Retype the records exactly, including every line.

──────────

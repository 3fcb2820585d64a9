ghost use Rattle.std.specs.Prelude.{◌≡◌};
ghost use Rattle.rt_peer.specs.Fetching.{number_of};

use thiserror::Error;

/// Why no file was fetched.
#[derive(Clone, Copy, Debug, PartialEq, Eq, Error)]
pub enum PeerRefused {
    /// The deep store and every peer answered, and no answer is the file.
    #[error("the file is nowhere")]
    Nowhere,
    /// The deep store and every peer was asked, no answer is the file, and one of them met a fault.
    #[error("the file wasn't found, and a call failed")]
    Faulted,
    /// Out of memory.
    #[error("out of memory")]
    Memory,
}

impl PeerRefused {
    /// The number by which a refusal is told; want of memory has none.
    pub fn number(self) -> Option<u32>
        ensures { result ≡ number_of self }
    {
        match self {
            PeerRefused::Nowhere => Some(1),
            PeerRefused::Faulted => Some(2),
            PeerRefused::Memory => None,
        }
    }
}
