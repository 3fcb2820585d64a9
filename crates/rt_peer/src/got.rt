use rt_segment::Sealed;

/// The segment that was fetched, and where from.
#[derive(Drop)]
pub struct Got {
    /// The place of the peer among those that were asked, counted from 0; None where it was the deep store.
    pub from: Option<u32>,
    pub sealed: Sealed,
}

──────────

• _Output_
repository 3fcb2820585d64a9
ghost use Rattle.std.specs.Prelude.{◌≡◌};
ghost use Rattle.rt_peer.specs.Fetching.{number_of};

use thiserror::Error;

/// Why no file was fetched.
#[derive(Clone, Copy, Debug, PartialEq, Eq, Error)]
pub enum PeerRefused {
    /// The deep store and every peer answered, and no answer is the file.
    #[error("the file is nowhere")]
    Nowhere,
    /// The deep store and every peer was asked, no answer is the file, and one of them met a fault.
    #[error("the file wasn't found, and a call failed")]
    Faulted,
    /// Out of memory.
    #[error("out of memory")]
    Memory,
}

impl PeerRefused {
    /// The number by which a refusal is told; want of memory has none.
    pub fn number(self) -> Option<u32>
        ensures { result ≡ number_of self }
    {
        match self {
            PeerRefused::Nowhere => Some(1),
            PeerRefused::Faulted => Some(2),
            PeerRefused::Memory => None,
        }
    }
}
repository 3fcb2820585d64a9
filename crates/rt_peer/src/got.rt
use rt_segment::Sealed;

/// The segment that was fetched, and where from.
#[derive(Drop)]
pub struct Got {
    /// The place of the peer among those that were asked, counted from 0; None where it was the deep store.
    pub from: Option<u32>,
    pub sealed: Sealed,
}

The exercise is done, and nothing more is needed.